The learning in RomiChess was intended as a sparring partner for humans. Winboard sends a result command in human versus computer games. Arena does not or did not anyway 11 years ago. So set up a position or start from the starting position and play against Romi and if you beat Romi Romi will play differently. Change sides and Romi will play your winning moves against you and then you will have to win and teach Romi better moves. Then switch sides again and if you win Romi will learn yet more. If Romi wins then Romi is the teacher. It is hard to put into words but basically the engine and human teach each other and is especially good for learning a chosen opening. Anyway in the last 11 years I have received zero reports of Romi being used like intended. That is a shame really because there is no other training system like it in existence as far as I know.
Hey Michael, very interesting stuff, this seems like a table-based monte carlo policy evaluation. Impressive that you would independently discover such a thing on your own.

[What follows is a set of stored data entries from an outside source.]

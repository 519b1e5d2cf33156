//! Class files made byte by byte: what their code does, and where it is refused (JVMS 4.7.3, 4.9.1, 4.10.1, 6.5).
use jc_base::name::Name;
use jc_code::items::{CodeError, items_of};
use jc_facts::act::Act;
use jc_facts::client::{Item, Place};
use jc_facts::code_fault::CodeReason;
use std::alloc::Global;
use std::process::Abort;

// ---- what `items_of` answers, as text: a line for each item, or a refusal with its place

fn act_word(act: Act) -> &'static [u8] {
    match act {
        Act::GetStatic => b"getstatic",
        Act::PutStatic => b"putstatic",
        Act::GetField => b"getfield",
        Act::PutField => b"putfield",
        Act::InvokeVirtual => b"invokevirtual",
        Act::InvokeSpecial => b"invokespecial",
        Act::InvokeSpecialInterface => b"invokespecial-interface",
        Act::InvokeStatic => b"invokestatic",
        Act::InvokeStaticInterface => b"invokestatic-interface",
        Act::InvokeInterface => b"invokeinterface",
        _ => b"another act",
    }
}

fn place_word(place: Place) -> &'static [u8] {
    match place {
        Place::Init => b" init",
        Place::Clinit => b" clinit",
        Place::Other => b" other",
    }
}

fn reason_word(reason: CodeReason) -> &'static [u8] {
    match reason {
        CodeReason::BadLayout => b"BadLayout ",
        CodeReason::BadOpcode => b"BadOpcode ",
        CodeReason::CutShort => b"CutShort ",
        CodeReason::BadEntry => b"BadEntry ",
    }
}

fn put_name(rt: &impl Abort, out: &mut Vec<u8>, name: &Name) {
    out.push(b' ').expect(rt, "memory");
    out.extend_from_slice(name.as_bytes()).expect(rt, "memory")
}

fn put_receiver(rt: &impl Abort, out: &mut Vec<u8>, receiver: &Option<Name>) {
    match receiver {
        Some(name) => put_name(rt, out, name),
        None => out.extend_from_slice(b" -").expect(rt, "memory"),
    }
}

// An item whose word is followed by two names.
fn put_two(rt: &impl Abort, out: &mut Vec<u8>, word: &[u8], first: &Name, second: &Name) {
    out.extend_from_slice(word).expect(rt, "memory");
    put_name(rt, out, first);
    put_name(rt, out, second)
}

fn put_item(rt: &impl Abort, out: &mut Vec<u8>, item: &Item) {
    match item {
        Item::Class { class } => {
            out.extend_from_slice(b"class").expect(rt, "memory");
            put_name(rt, out, class);
        }
        Item::New { class, descriptor } => put_two(rt, out, b"new", class, descriptor),
        Item::Init { class, descriptor } => put_two(rt, out, b"init", class, descriptor),
        Item::Assign { from, to } => put_two(rt, out, b"assign", from, to),
        Item::Access {
            act,
            class,
            key,
            receiver,
            place,
        } => {
            put_two(rt, out, act_word(*act), class, &key.name);
            put_name(rt, out, &key.descriptor);
            put_receiver(rt, out, receiver);
            out.extend_from_slice(place_word(*place))
                .expect(rt, "memory");
        }
    }
    out.push(b'\n').expect(rt, "memory");
}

Did you ever try self-play in romi-chess using this method?

Did you ever try using one learn file with multiple different engines?

Did you always adjust the table by the same centipawn amount, or did you try lowering the centipawn bonus as you got more visits to each position?

You might experience some issues going from one engine to another, since the evaluation becomes fit not just to romi-chess but also the opponents policy. However this is indeed a first step towards the policy evaluation used in A0.

If you wanted to speed up the learning process, you could look into TD(lambda) which uses a mixture of the episode return (win/loss/draw) and the table values visited over the course of the episode to update the table values.